UniFuse: Unidirectional Fusion for 360$^{\circ}$ Panorama Depth Estimation (2102.03550v2)

Abstract: Learning depth from spherical panoramas is becoming a popular research topic because a panorama has a full field-of-view of the environment and provides a relatively complete description of a scene. However, applying well-studied CNNs for perspective images to the standard representation of spherical panoramas, i.e., the equirectangular projection, is suboptimal, as it becomes distorted towards the poles. Another representation is the cubemap projection, which is distortion-free but discontinued on edges and limited in the field-of-view. This paper introduces a new framework to fuse features from the two projections, unidirectionally feeding the cubemap features to the equirectangular features only at the decoding stage. Unlike the recent bidirectional fusion approach operating at both the encoding and decoding stages, our fusion scheme is much more efficient. Besides, we also designed a more effective fusion module for our fusion scheme. Experiments verify the effectiveness of our proposed fusion strategy and module, and our model achieves state-of-the-art performance on four popular datasets. Additional experiments show that our model also has the advantages of model complexity and generalization capability.The code is available at https://github.com/alibaba/UniFuse-Unidirectional-Fusion.

• The paper’s main contribution is a unidirectional fusion strategy that integrates cubemap features into equirectangular representations to enhance depth prediction.
• It introduces the CEE fusion module, employing residual modulation and Squeeze-and-Excitation blocks to effectively address distortions and discontinuities.
• Empirical results across four datasets show UniFuse significantly reduces Abs Rel error and improves accuracy without increasing model complexity.
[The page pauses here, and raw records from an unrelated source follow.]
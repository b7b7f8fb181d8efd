// The lines of the text on a queue of each kind, block by block: each "rows R" starts a block with fresh rows.
ghost use Rattle.std.specs.Prelude.{◌≡◌, if◌then◌else◌, length, OnOk};
ghost use Rattle.std.specs.List.{All};
ghost use Rattle.queue_cases.specs.Answers.{HavePlayed};
ghost use Rattle.queue_cases.specs.Counts.{count_after};

use crate::answer::{Answer, ask_each};
use crate::call::{Call, Line};
use crate::kind::{ALL_QUEUES, queues_over, rows_of_kinds};
use std::{fmt, io};
use subject::money::Money;
use subject::queue::PriorityQueue;

/// To how many calls all queues answered alike, and to how many not.
#[derive(Clone, Copy)]
pub struct Tally {
    pub agreed: u64,
    pub differed: u64,
}

impl Tally {
    // One more call.
    fn count(&mut self, same: bool)
        ensures agreed { self.new.agreed ≡ (if same then count_after self.old.agreed else self.old.agreed) }
        ensures differed { self.new.differed ≡ (if same then self.old.differed else count_after self.old.differed) }
    {
        if same {
            self.agreed = self.agreed.saturating_add(1);
        } else {
            self.differed = self.differed.saturating_add(1);
        }
    }
}

impl fmt::Display for Tally {
    fn fmt<W: fmt::Write>(&self, f: &mut fmt::Formatter<W>) -> fmt::Result {
        let agreed = self.agreed;
        let differed = self.differed;
        let calls = agreed.saturating_add(differed);
        let queues = ALL_QUEUES;
        write!(
            f,
            "{calls} calls on {queues}: {agreed} agreed, {differed} differed"
        )
    }
}

// Plays lines, prints as it goes, and counts how they were answered.
#[derive(Drop)]
struct Player<'a> {
    rt: &'a HostRuntime,
    tally: Tally,
}

impl Player<'_> {
    // The answers to one line: the first and SAME, or the first, OTHER and those that differ from it. A line
    // that no queue answers cannot be read.
    fn print(&mut self, number: u64, answers: &[Option<Answer>]) -> io::Result<()> {
        let Some((Some(first), others)) = answers.split_first() else {
            return println!(self.rt; "LINE {number} CANNOT BE READ");
        };
        let same = others.iter().flatten().all(|other| other == first);
        self.tally.count(same);
        if same {
            return println!(self.rt; "{first} SAME");
        }
        print!(self.rt; "{first} OTHER")?;
        for other in others.iter().flatten() {
            if other != first {
                print!(self.rt; " {other}")?;
            }
        }
        println!(self.rt; "")
    }

    // The lines in turn, each on all of the queues. The answers to a line are printed before the next line is played.
    fn play_lines<Q: PriorityQueue<Charge = Money>>(
        &mut self,
        queues: &mut [Q],
        answers: &mut [Option<Answer>],
        lines: &[Line],
    ) -> io::Result<()>
        requires ordered { All Q.PriorityQueue.is_ordered queues.old }
        requires as_many { length answers.old ≡ length queues.old }
        ensures ordered { All Q.PriorityQueue.is_ordered queues.new }
        ensures played { OnOk result (HavePlayed Q.PriorityQueue lines.now queues.old queues.new) }
    {
        for line in lines {
            ask_each(queues, line, answers);
            self.print(line.number, answers)?;
        }
        Ok(())
    }

    // A block of lines that begins with the number of rows.
    fn play_block(&mut self, row_count: usize, lines: &[Line]) -> anyhow::Result<()> {
        let alloc = self.rt.alloc();
        let mut rows = rows_of_kinds(alloc, row_count)?;
        let mut queues = queues_over(alloc, &mut rows)?;
        let mut answers = vec![in alloc; None; queues.len()]?;
        self.play_lines(&mut queues, &mut answers, lines)?;
        Ok(())
    }
}

/// All lines, block by block.
pub fn replay(rt: &HostRuntime, lines: &[Line]) -> anyhow::Result<Tally> {
    let mut player = Player {
        rt,
        tally: Tally {
            agreed: 0,
            differed: 0,
        },
    };
    for block in lines.chunk_by(|_, line| !line.starts_block()) {
        let Some(first) = block.first() else {
            continue;
        };
        let number = first.number;
        match first.call {
            Some(Call::Rows(row_count)) => player.play_block(row_count, block)?,
            _ => println!(rt;
                "LINE {number} DOES NOT SAY HOW MANY ROWS, SO ITS BLOCK IS LEFT OUT"
            )?,
        }
    }
    Ok(player.tally)
}
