// Replays a list of queue calls, read as text, on a queue of each kind for money, and says where their answers differ.
// A line is "rows R", which starts over with R rows, or "put CELL CENTS", "take" or "empty".
// Of several lowest cells two queues may take different ones. If such a cell is put again before the others are taken,
// it still waits in one queue only, and from then on the charges may differ; a list without such a put gives the same.
#![tactic(auto)]

use std::io;

mod answer;
mod call;
mod kind;
mod replay;
#[cfg(test)]
mod tests;

fn run(rt: &HostRuntime) -> anyhow::Result<()> {
    let text = io::read_to_string(rt.alloc(), rt.stdin())?;
    let lines = call::read_lines(rt.alloc(), text.as_str())?;
    let tally = replay::replay(rt, lines.as_slice())?;
    println!(rt; "{tally}")?;
    Ok(())
}

fn main(rt: HostRuntime) -> anyhow::Result<()> {
    run(&rt)
}
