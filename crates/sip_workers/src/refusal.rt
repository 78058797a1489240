//! Why there is no run.
ghost use Rattle.std.specs.Prelude.{◌≡◌};
ghost use Rattle.sip_workers.specs.declared.refusal.RunRefusal.TheVariants as refusals;
ghost use Rattle.sip_workers.specs.Runs.{of_gather};

use crate::gather_refusal::GatherRefusal;
use std::alloc::{AllocError, AllocFailed};
use thiserror::Error;

/// Why there was no run, in the order of the checks.
#[derive(Clone, Copy, Debug, PartialEq, Eq, Error)]
pub enum RunRefusal {
    /// There are no seats or not as many wires as seats, a batch is not of 1 to 8 jobs, the numbers
    /// of the jobs do not rise strictly, or there are over 10,000 jobs.
    #[error("a run needs a wire for each seat, batches of 1 to 8, and up to 10,000 jobs in order")]
    BadCount,
    /// A thread could not be made.
    #[error("a thread could not be made")]
    NoThread,
    /// Memory was refused.
    #[error("out of memory")]
    Memory,
    /// The results were not those of the jobs: the queue of the batches failed.
    #[error("the queue of the batches failed")]
    Gathering(GatherRefusal),
}

impl From<AllocError> for RunRefusal {
    ghost from_gives = { λ _ refusal. refusal ≡ refusals.Memory };

    fn from(_: AllocError) -> RunRefusal {
        RunRefusal::Memory
    }
}

impl<T: Drop> From<AllocFailed<T>> for RunRefusal {
    ghost from_gives = { λ _ refusal. refusal ≡ refusals.Memory };

    fn from(_: AllocFailed<T>) -> RunRefusal {
        RunRefusal::Memory
    }
}

/// Want of memory is the run's own.
impl From<GatherRefusal> for RunRefusal {
    ghost from_gives = { λ refusal run. run ≡ of_gather refusal };

    fn from(refusal: GatherRefusal) -> RunRefusal {
        match refusal {
            GatherRefusal::Memory => RunRefusal::Memory,
            GatherRefusal::Stranger | GatherRefusal::Double | GatherRefusal::Missing => {
                RunRefusal::Gathering(refusal)
            }
        }
    }
}
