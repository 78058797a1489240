//! What is put into the queue of a run: its batches in order, and then an end for each worker.
ghost use Rattle.std.specs.Prelude.{◌≡◌, ◌++◌, true, [], IsTrue, replicate};
ghost use Rattle.crossbeam_channel.specs.Claims.{IsSeatAt, view};
ghost use Rattle.crossbeam_channel.specs.Ends.{sends_on};
ghost use Rattle.sip_workers.specs.Deals.{no_more, stays_with};
ghost use Rattle.sip_workers.specs.Rules.{IsPut};

use crate::batch::Batch;
use crate::queue::{Dealt, Queue, Right};
use std::sync::Wait;

/// Puts the batches in order, and tells whether all were put.
pub(crate) fn put_all<J: Dealt, R: Wait>(
    rt: &R,
    queue: &Queue<J>,
    own: &mut Right,
    batches: &[Batch],
) -> bool
    requires queue { IsSeatAt (sends_on queue.now.sender) own.old }
    requires deals { (view own.old).deals ≡ true }
    requires none { (view own.old).put ≡ [] }
    requires batches { batches.now ≡ J.batches }
    ensures queue { IsSeatAt (sends_on queue.now.sender) own.new }
    ensures stays { stays_with (view own.old) (view own.new).put ≡ view own.new }
    ensures some { IsPut J.batches (view own.new).put }
    ensures all { IsTrue result → (view own.new).put ≡ J.batches }
{
    'batches: for batch in batches {
        if !queue.put(rt, own, *batch) {
            return false;
        }
    }
    true
}

/// Puts so many ends, and tells whether all were put.
pub(crate) fn put_ends<J: Dealt, R: Wait>(
    rt: &R,
    queue: &Queue<J>,
    own: &mut Right,
    count: usize,
) -> bool
    requires queue { IsSeatAt (sends_on queue.now.sender) own.old }
    requires deals { (view own.old).deals ≡ true }
    requires some { IsPut J.batches (view own.old).put }
    ensures queue { IsSeatAt (sends_on queue.now.sender) own.new }
    ensures stays { stays_with (view own.old) (view own.new).put ≡ view own.new }
    ensures all { IsTrue result
        → (view own.new).put ≡ (view own.old).put ++ replicate count no_more }
{
    'ends: for _end in 0..count {
        if !queue.put(rt, own, Batch { first: 0, count: 0 }) {
            return false;
        }
    }
    true
}
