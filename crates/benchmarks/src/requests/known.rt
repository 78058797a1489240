//! The answers that are in a book when requests are located.
use dns_answers::{Answer, Records, Section};
use dns_message::{CharString, Kind, NaptrRecord, Question, SrvRecord};
use dns_name::Name;
use std::alloc::Global;
use std::sync::Arc;

/// A question, and its answer.
#[derive(Drop)]
pub struct Known {
    pub question: Question,
    pub answer: Arc<Answer>,
}

/// How many seconds an answer lives.
const LIFE: u32 = 3_600;

/// The most addresses that an answer has.
const MOST_ADDRESSES: u8 = 32;

/// How many addresses an answer has that is to have so many.
fn most(count: usize) -> u8 {
    u8::try_from(count)
        .unwrap_or(MOST_ADDRESSES)
        .min(MOST_ADDRESSES)
}

/// The records of a domain: its rules, the servers of the service of each rule, and the addresses
/// of each server.
#[derive(Clone, Copy)]
pub struct Domain<'a> {
    /// What its name begins with.
    pub label: &'a str,
    /// NAPTR services and the labels of their lists of servers, in the order of the rules.
    pub services: &'static [(&'static str, &'static str)],
    /// How many servers each list has. The last one of several is of a priority of its own.
    pub servers: usize,
    /// Whether each list has servers of its own, or all have the same.
    pub are_apart: bool,
    /// How many addresses of IPv4, and of IPv6, each server has.
    pub addresses: [usize; 2],
    /// How many more addresses of IPv4 the first server has.
    pub more: usize,
}

/// The name of a text.
fn name_of(alloc: Global, text: &str) -> Option<Name> {
    match Name::from_text(alloc, text) {
        Ok(name) => Some(name),
        Err(_) => None,
    }
}

/// An answer of records.
fn answer_of(alloc: Global, records: Records) -> Option<Arc<Answer>> {
    match Answer::new(records, LIFE) {
        Some(answer) => Arc::new(alloc, answer).ok(),
        None => None,
    }
}

/// A question for records of a name, with their answer.
fn answered(alloc: Global, name: &str, kind: Kind, records: Records) -> Option<Known> {
    let answer = answer_of(alloc, records)?;
    match name_of(alloc, name) {
        Some(name) => Some(Known {
            question: Question { name, kind },
            answer,
        }),
        None => None,
    }
}

/// Adds an answer.
fn push_known(all: &mut Vec<Known>, known: Option<Known>) -> Option<()> {
    match known {
        Some(known) => all.push(known).ok(),
        None => None,
    }
}

/// The octets of a text.
fn octets_of(alloc: Global, text: &str) -> Option<Vec<u8>> {
    Vec::from_slice(alloc, text.as_bytes()).ok()
}

/// The character string of a text.
fn string_of(alloc: Global, text: &str) -> Option<CharString> {
    let octets = octets_of(alloc, text)?;
    CharString::new(octets)
}

/// The strings of a rule.
#[derive(Drop)]
struct RuleStrings {
    flags: CharString,
    services: CharString,
    regexp: CharString,
}

/// The strings of a rule for a service.
fn strings_of(alloc: Global, service: &str) -> Option<RuleStrings> {
    let flags = string_of(alloc, "s")?;
    let services = string_of(alloc, service)?;
    let regexp = string_of(alloc, "")?;
    Some(RuleStrings {
        flags,
        services,
        regexp,
    })
}

/// A rule for a service, whose servers are listed under a name.
fn rule(alloc: Global, service: &str, target: &str) -> Option<NaptrRecord> {
    let replacement = name_of(alloc, target)?;
    let RuleStrings {
        flags,
        services,
        regexp,
    } = strings_of(alloc, service)?;
    Some(NaptrRecord {
        order: 10,
        preference: 50,
        flags,
        services,
        regexp,
        replacement,
    })
}

/// A server of a priority.
fn server_of(alloc: Global, priority: u16, target: &str) -> Option<SrvRecord> {
    Some(SrvRecord {
        priority,
        weight: 60,
        port: 5060,
        target: name_of(alloc, target)?,
    })
}

/// Addresses of IPv4, so many.
fn addresses_v4(alloc: Global, count: usize) -> Option<Records> {
    let mut all = Vec::new(alloc);
    for number in 0..most(count) {
        all.push([192, 0, 2, number]).ok()?;
    }
    Some(Records::V4(Section::from_vec(all)))
}

/// Addresses of IPv6, so many.
fn addresses_v6(alloc: Global, count: usize) -> Option<Records> {
    let mut all = Vec::new(alloc);
    for number in 0..most(count) {
        all.push([0, 0, 0, 0, 0, 0, 0, 0, 0, 0, 0, 0, 0, 0, 0, number])
            .ok()?;
    }
    Some(Records::V6(Section::from_vec(all)))
}

/// The question for so many addresses of IPv4 of a name, with their answer.
fn answered_v4(alloc: Global, name: &str, count: usize) -> Option<Known> {
    let records = addresses_v4(alloc, count)?;
    answered(alloc, name, Kind::A, records)
}

/// The question for so many addresses of IPv6 of a name, with their answer.
fn answered_v6(alloc: Global, name: &str, count: usize) -> Option<Known> {
    let records = addresses_v6(alloc, count)?;
    answered(alloc, name, Kind::Aaaa, records)
}

impl<'a> Domain<'a> {
    /// The name of the server of this number in the list of this number.
    fn server_name(&self, alloc: Global, list: usize, server: usize) -> Option<String> {
        let label = self.label;
        let list = if self.are_apart { list } else { 0 };
        format!(in alloc; "s{server}-{list}.{label}.example").ok()
    }

    /// Its own name.
    fn own_name(&self, alloc: Global) -> Option<String> {
        let label = self.label;
        format!(in alloc; "{label}.example").ok()
    }

    /// Its name with labels in front.
    fn name_behind(&self, alloc: Global, labels: &str) -> Option<String> {
        let label = self.label;
        format!(in alloc; "{labels}.{label}.example").ok()
    }

    /// The rule for a service, whose servers are listed under a label.
    fn rule(&self, alloc: Global, service: &str, list: &str) -> Option<NaptrRecord> {
        let target = self.name_behind(alloc, list)?;
        rule(alloc, service, target.as_str())
    }

    /// The rules for all services.
    fn all_rules(&self, alloc: Global) -> Option<Vec<NaptrRecord>> {
        let mut rules = Vec::new(alloc);
        for (service, list) in self.services {
            let rule = self.rule(alloc, service, list)?;
            rules.push(rule).ok()?;
        }
        Some(rules)
    }

    /// The answer that has the rules.
    fn rules(&self, alloc: Global) -> Option<Known> {
        let name = self.own_name(alloc)?;
        let rules = self.all_rules(alloc)?;
        let records = Records::Naptr(Section::from_vec(rules));
        answered(alloc, name.as_str(), Kind::Naptr, records)
    }

    /// The server of this number in the list of this number.
    fn server(&self, alloc: Global, list: usize, server: usize) -> Option<SrvRecord> {
        let is_last = server > 0 && server.saturating_add(1) == self.servers;
        let target = self.server_name(alloc, list, server)?;
        server_of(alloc, if is_last { 20 } else { 10 }, target.as_str())
    }

    /// All servers of the list of this number.
    fn all_servers(&self, alloc: Global, list: usize) -> Option<Vec<SrvRecord>> {
        let mut servers = Vec::new(alloc);
        for number in 0..self.servers {
            let server = self.server(alloc, list, number)?;
            servers.push(server).ok()?;
        }
        Some(servers)
    }

    /// The answer that has the servers of a list.
    fn list(&self, alloc: Global, at: usize, labels: &str) -> Option<Known> {
        let name = self.name_behind(alloc, labels)?;
        let servers = self.all_servers(alloc, at)?;
        let records = Records::Srv(Section::from_vec(servers));
        answered(alloc, name.as_str(), Kind::Srv, records)
    }

    /// How many addresses of IPv4 a server of a list has.
    fn count_v4(&self, server: usize) -> usize {
        let [v4, _] = self.addresses;
        let more = if server == 0 { self.more } else { 0 };
        v4.saturating_add(more)
    }

    /// Adds the addresses of the server of this number in the list of this number.
    fn push_addresses(
        &self,
        alloc: Global,
        all: &mut Vec<Known>,
        list: usize,
        server: usize,
    ) -> Option<()> {
        let name = self.server_name(alloc, list, server)?;
        let [_, v6] = self.addresses;
        push_known(
            all,
            answered_v4(alloc, name.as_str(), self.count_v4(server)),
        )?;
        push_known(all, answered_v6(alloc, name.as_str(), v6))
    }

    /// Adds the addresses of the domain itself: one of IPv4.
    fn push_own(&self, alloc: Global, all: &mut Vec<Known>) -> Option<()> {
        let name = self.own_name(alloc)?;
        push_known(all, answered_v4(alloc, name.as_str(), 1))
    }

    /// Adds the addresses of the servers of a list.
    fn push_servers(&self, alloc: Global, all: &mut Vec<Known>, list: usize) -> Option<()> {
        for server in 0..self.servers {
            self.push_addresses(alloc, all, list, server)?;
        }
        Some(())
    }

    /// The answer that has an address of the domain itself, alone.
    pub fn address(&self, alloc: Global) -> Option<Vec<Known>> {
        let mut all = Vec::new(alloc);
        self.push_own(alloc, &mut all)?;
        Some(all)
    }

    /// The answer that has the servers of its first list, alone.
    pub fn servers(&self, alloc: Global) -> Option<Vec<Known>> {
        let (_, labels) = self.services.first()?;
        let mut all = Vec::new(alloc);
        push_known(&mut all, self.list(alloc, 0, labels))?;
        Some(all)
    }

    /// Adds the servers of a list, and the addresses of these where they are its own.
    fn push_list(
        &self,
        alloc: Global,
        all: &mut Vec<Known>,
        at: usize,
        labels: &str,
    ) -> Option<()> {
        push_known(all, self.list(alloc, at, labels))?;
        if at == 0 || self.are_apart {
            self.push_servers(alloc, all, at)
        } else {
            Some(())
        }
    }

    /// Adds all its answers.
    fn push_all(&self, alloc: Global, all: &mut Vec<Known>) -> Option<()> {
        push_known(all, self.rules(alloc))?;
        self.push_own(alloc, all)?;
        for (at, (_, labels)) in self.services.iter().enumerate() {
            self.push_list(alloc, all, at, labels)?;
        }
        Some(())
    }

    /// All its answers.
    pub fn known(&self, alloc: Global) -> Option<Vec<Known>> {
        let mut all = Vec::new(alloc);
        self.push_all(alloc, &mut all)?;
        Some(all)
    }
}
Overview of UniFuse: Unidirectional Fusion for 360° Panorama Depth Estimation

The paper under discussion introduces a novel approach named "UniFuse" aimed at improving depth estimation from 360° panoramic images. This research targets a prominent challenge in the field of 3D reconstruction—accurate depth estimation from spherical images with full field-of-view. Traditional methods using equirectangular projection (ERP) or cubemap projection (CMP) entail inherent limitations such as distortion towards poles and discontinuities at face edges. UniFuse proposes a fusion-based framework that unidirectionally integrates features from both ERP and CMP to mitigate these issues while optimizing computational efficiency.

Key Methodological Insights

1. Panoramic Representations: UniFuse makes use of both ERP and CMP representations to leverage their unique advantages—ERP’s complete scene coverage and CMP’s distortion-free characteristics. It provides a novel fusion framework that unidirectionally feeds cubemap features into equirectangular features only during the decoding stage.
2. Unidirectional Fusion Approach: Unlike the bidirectional approach seen in methods like BiFuse, the unidirectional strategy in UniFuse enhances computational speed and avoids unnecessary complexity. By focusing on the decoding phase, it better supports the enhancement of equirectangular depth prediction.
3. CEE Fusion Module: At the core of UniFuse is the CEE (Cubemap to Enhance Equirectangular) module, which applies residual modulation to cubemap features to address discontinuities. A residual block inspired by ResNet architecture serves to fill inconsistencies between cubemap face boundaries. Subsequently, a Squeeze-and-Excitation block recalibrates feature responses channel-wise, further fine-tuning the fusion of features.

Numerical Results and Claims

This paper presents empirical results on four widespread datasets: Matterport3D, Stanford2D3D, 3D60, and PanoSUNCG, demonstrating that UniFuse consistently achieves state-of-the-art performance. Notably, on the Matterport3D dataset, UniFuse surpassed BiFuse by substantially lowering the Abs Rel error from 0.2048 to 0.1063 and enhancing the $\delta < 1.25$ accuracy metric by over 5%. Without inflating model complexity, it establishes robust baseline performance with an exceptional fit across various testing scenarios, heralding substantial improvements over prior benchmarks.

Implications and Future Directions

The implications of UniFuse extend into critical applications such as robotic navigation and AR/VR systems where accurate depth perception is crucial. It offers a robust framework capable of generating more reliable and comprehensive 3D reconstructions without the burdens of excessive computational overhead. Moving forward, optimizing this approach for mobile deployment seems promising due to its markedly low parameter count and inference latency, as evidenced by further enhancements when integrated with lightweight architectures like MobileNetV2.

Additionally, exploring the adaptability of UniFuse to integrate additional visual cues or to consider temporal consistencies in dynamic environments could further broaden its application scope. Real-world deployment would benefit from further empirical validations in uncontrolled settings to ascertain its robustness against varying lighting and motion conditions, critical for mobile platforms and augmented reality applications.

In summary, UniFuse represents a significant step toward efficient and precise depth estimation in panoramic imaging. By critically addressing methodological challenges inherent to ERP and CMP, and advancing the efficacy of feature fusion strategies, it demonstrates a promising pathway for the future of 3D reconstruction technologies.